==== Dataset extract ====

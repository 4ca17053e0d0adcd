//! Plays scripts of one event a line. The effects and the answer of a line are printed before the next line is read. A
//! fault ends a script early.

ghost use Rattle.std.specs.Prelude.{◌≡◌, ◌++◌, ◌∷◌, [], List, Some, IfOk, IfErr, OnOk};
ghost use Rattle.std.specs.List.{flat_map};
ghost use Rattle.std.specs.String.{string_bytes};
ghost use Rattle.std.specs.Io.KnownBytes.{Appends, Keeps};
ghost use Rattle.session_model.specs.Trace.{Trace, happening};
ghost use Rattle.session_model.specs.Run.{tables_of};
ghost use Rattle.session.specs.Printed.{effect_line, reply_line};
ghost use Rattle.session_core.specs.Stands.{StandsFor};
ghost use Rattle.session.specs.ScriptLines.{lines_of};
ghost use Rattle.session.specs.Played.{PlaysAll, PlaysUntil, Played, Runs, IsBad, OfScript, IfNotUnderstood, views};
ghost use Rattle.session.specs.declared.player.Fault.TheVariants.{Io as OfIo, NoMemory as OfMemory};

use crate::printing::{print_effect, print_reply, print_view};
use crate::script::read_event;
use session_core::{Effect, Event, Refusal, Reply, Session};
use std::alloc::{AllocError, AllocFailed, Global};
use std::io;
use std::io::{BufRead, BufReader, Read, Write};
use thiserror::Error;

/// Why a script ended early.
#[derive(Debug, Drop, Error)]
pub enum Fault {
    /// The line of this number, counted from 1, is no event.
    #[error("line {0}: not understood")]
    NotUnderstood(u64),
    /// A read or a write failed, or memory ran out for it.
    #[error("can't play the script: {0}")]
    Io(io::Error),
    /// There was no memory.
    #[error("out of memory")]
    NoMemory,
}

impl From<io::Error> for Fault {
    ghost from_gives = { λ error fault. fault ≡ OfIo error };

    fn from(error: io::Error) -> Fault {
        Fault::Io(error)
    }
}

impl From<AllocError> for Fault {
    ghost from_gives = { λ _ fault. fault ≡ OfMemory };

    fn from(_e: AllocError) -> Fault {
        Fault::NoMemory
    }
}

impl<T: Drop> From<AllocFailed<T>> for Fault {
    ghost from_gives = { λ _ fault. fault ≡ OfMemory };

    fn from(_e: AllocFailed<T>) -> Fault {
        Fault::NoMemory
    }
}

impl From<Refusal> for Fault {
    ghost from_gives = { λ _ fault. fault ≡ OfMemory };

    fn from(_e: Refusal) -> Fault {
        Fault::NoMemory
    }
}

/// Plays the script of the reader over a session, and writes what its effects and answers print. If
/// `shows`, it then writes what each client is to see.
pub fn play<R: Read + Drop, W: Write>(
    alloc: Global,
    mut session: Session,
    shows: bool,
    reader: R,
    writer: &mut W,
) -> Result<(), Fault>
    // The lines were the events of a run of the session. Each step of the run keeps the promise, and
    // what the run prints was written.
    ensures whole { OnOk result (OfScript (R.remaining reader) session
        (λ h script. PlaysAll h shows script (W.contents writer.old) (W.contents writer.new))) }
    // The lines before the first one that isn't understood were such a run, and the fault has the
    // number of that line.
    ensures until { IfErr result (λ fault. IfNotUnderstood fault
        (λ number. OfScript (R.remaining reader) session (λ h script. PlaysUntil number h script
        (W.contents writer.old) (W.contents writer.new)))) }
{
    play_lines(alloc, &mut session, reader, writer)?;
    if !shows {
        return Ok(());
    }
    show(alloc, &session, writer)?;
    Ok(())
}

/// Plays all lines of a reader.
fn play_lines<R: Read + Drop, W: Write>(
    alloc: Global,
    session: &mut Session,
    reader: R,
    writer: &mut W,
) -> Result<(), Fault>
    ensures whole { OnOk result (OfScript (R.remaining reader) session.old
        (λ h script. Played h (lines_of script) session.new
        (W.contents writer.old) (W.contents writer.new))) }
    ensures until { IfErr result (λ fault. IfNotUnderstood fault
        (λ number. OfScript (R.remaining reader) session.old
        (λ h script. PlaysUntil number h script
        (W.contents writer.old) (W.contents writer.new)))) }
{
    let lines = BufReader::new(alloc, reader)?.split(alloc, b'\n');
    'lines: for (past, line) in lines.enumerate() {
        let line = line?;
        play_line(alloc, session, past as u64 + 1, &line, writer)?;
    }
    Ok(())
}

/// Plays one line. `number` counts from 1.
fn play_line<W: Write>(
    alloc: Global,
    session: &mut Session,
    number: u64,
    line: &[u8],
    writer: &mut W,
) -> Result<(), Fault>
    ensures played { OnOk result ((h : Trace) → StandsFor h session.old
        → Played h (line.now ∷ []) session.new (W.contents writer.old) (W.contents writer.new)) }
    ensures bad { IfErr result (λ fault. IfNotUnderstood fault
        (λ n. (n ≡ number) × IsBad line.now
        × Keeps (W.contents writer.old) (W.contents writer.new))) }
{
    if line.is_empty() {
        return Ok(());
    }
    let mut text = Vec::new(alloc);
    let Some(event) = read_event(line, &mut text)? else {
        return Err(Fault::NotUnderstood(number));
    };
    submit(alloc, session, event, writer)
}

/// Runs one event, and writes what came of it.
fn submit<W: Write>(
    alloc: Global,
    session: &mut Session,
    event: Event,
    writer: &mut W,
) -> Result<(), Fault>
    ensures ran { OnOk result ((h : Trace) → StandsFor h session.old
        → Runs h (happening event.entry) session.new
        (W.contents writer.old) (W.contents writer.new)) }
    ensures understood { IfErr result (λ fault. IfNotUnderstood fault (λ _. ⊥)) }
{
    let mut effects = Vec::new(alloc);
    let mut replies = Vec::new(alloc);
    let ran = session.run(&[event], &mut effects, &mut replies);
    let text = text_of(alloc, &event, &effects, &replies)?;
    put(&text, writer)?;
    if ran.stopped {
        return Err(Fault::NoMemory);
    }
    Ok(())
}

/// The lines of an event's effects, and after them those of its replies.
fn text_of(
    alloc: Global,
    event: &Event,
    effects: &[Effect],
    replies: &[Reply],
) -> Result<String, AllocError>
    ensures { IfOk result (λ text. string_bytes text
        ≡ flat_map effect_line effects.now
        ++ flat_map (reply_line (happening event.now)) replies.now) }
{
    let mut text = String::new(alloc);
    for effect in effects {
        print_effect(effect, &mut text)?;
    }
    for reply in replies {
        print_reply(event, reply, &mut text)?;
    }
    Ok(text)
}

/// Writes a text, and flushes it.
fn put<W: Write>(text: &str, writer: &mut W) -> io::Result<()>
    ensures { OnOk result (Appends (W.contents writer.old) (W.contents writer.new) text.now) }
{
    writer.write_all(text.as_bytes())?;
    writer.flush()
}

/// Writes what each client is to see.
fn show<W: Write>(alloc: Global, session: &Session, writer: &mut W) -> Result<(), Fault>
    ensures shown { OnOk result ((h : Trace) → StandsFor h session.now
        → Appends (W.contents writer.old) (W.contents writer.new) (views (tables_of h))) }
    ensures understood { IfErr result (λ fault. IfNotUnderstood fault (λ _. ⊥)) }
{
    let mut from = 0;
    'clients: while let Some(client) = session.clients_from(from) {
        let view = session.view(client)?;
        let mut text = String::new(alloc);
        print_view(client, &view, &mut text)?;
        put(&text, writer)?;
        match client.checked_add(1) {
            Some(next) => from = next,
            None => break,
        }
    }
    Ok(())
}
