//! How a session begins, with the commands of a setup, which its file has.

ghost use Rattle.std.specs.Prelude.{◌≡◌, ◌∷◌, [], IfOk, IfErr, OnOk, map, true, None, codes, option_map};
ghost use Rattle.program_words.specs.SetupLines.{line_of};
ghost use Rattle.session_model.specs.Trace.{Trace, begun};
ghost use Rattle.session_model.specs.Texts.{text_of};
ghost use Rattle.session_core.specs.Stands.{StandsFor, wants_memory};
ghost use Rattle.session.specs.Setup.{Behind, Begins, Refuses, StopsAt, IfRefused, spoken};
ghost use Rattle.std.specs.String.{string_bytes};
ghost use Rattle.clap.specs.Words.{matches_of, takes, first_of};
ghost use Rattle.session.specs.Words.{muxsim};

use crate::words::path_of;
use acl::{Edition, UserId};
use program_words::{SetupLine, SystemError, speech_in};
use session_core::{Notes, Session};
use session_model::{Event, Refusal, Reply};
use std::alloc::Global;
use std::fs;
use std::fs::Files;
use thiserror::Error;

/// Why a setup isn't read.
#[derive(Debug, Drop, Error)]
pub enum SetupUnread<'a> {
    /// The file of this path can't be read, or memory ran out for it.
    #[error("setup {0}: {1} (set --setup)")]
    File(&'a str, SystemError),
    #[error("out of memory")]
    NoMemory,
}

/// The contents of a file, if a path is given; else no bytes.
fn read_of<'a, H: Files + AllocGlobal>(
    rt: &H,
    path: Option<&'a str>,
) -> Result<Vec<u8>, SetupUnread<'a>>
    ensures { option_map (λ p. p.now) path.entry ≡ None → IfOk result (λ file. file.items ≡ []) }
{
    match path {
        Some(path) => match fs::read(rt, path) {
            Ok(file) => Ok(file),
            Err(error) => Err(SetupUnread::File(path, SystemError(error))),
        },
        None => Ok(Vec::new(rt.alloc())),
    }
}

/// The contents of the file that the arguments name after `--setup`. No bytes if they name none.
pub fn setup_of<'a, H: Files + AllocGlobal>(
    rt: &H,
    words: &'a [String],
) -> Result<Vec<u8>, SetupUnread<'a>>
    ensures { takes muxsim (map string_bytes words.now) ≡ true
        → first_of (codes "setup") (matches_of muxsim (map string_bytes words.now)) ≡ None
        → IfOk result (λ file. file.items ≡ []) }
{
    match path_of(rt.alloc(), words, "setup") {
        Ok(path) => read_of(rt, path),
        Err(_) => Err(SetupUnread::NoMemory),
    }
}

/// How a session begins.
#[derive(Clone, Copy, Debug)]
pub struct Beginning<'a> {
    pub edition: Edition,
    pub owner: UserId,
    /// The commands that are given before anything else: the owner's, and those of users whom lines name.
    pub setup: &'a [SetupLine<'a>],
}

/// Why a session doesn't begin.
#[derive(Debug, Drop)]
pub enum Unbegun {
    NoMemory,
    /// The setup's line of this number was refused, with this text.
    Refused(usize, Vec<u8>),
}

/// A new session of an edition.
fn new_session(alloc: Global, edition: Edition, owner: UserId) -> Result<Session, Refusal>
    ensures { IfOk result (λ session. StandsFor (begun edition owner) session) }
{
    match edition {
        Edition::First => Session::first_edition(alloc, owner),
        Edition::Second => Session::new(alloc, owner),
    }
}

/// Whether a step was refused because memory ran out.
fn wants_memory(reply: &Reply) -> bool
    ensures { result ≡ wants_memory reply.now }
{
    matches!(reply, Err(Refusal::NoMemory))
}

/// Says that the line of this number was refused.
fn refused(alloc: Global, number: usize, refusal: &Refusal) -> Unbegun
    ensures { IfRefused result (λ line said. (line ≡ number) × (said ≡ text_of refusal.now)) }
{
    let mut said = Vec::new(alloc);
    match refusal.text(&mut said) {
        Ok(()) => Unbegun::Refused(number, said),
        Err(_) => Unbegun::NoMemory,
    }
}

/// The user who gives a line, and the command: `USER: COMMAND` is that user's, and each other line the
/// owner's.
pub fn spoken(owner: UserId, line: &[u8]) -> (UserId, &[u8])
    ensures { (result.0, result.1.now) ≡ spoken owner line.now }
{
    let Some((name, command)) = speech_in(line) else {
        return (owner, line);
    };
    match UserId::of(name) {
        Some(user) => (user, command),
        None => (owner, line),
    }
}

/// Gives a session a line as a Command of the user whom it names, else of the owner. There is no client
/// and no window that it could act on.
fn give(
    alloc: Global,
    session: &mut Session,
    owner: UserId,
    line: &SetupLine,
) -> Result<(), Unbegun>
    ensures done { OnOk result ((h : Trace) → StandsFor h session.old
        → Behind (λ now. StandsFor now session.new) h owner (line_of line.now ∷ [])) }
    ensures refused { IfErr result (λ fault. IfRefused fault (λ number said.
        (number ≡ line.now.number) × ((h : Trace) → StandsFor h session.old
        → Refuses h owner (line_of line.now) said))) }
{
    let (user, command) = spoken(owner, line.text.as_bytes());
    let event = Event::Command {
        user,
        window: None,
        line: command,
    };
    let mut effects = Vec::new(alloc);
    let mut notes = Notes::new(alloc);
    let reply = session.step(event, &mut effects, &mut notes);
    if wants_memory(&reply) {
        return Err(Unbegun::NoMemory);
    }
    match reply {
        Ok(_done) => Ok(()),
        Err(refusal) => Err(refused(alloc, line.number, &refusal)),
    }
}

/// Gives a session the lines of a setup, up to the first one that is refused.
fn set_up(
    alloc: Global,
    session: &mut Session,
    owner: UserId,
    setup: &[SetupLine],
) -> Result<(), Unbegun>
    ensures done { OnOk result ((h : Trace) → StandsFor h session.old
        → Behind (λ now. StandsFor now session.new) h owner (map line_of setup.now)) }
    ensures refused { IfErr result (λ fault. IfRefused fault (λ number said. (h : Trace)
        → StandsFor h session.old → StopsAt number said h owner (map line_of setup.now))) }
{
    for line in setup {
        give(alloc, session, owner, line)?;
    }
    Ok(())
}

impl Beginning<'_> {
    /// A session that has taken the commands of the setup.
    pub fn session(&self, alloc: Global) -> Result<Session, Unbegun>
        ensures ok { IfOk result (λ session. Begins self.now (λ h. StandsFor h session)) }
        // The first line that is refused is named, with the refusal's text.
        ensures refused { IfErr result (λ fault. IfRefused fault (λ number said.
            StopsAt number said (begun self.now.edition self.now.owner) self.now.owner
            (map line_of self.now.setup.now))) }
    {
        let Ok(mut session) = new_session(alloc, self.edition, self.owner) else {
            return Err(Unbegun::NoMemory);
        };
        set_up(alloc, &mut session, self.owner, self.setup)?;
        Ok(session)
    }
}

====

Search the listing for "Trace" and copy each line holding it.

## Output of the task
ghost use Rattle.session_model.specs.Trace.{Trace, happening};
    ensures played { OnOk result ((h : Trace) → StandsFor h session.old
    ensures ran { OnOk result ((h : Trace) → StandsFor h session.old
    ensures shown { OnOk result ((h : Trace) → StandsFor h session.now
ghost use Rattle.session_model.specs.Trace.{Trace, begun};
    ensures done { OnOk result ((h : Trace) → StandsFor h session.old
        (number ≡ line.now.number) × ((h : Trace) → StandsFor h session.old
    ensures done { OnOk result ((h : Trace) → StandsFor h session.old
    ensures refused { IfErr result (λ fault. IfRefused fault (λ number said. (h : Trace)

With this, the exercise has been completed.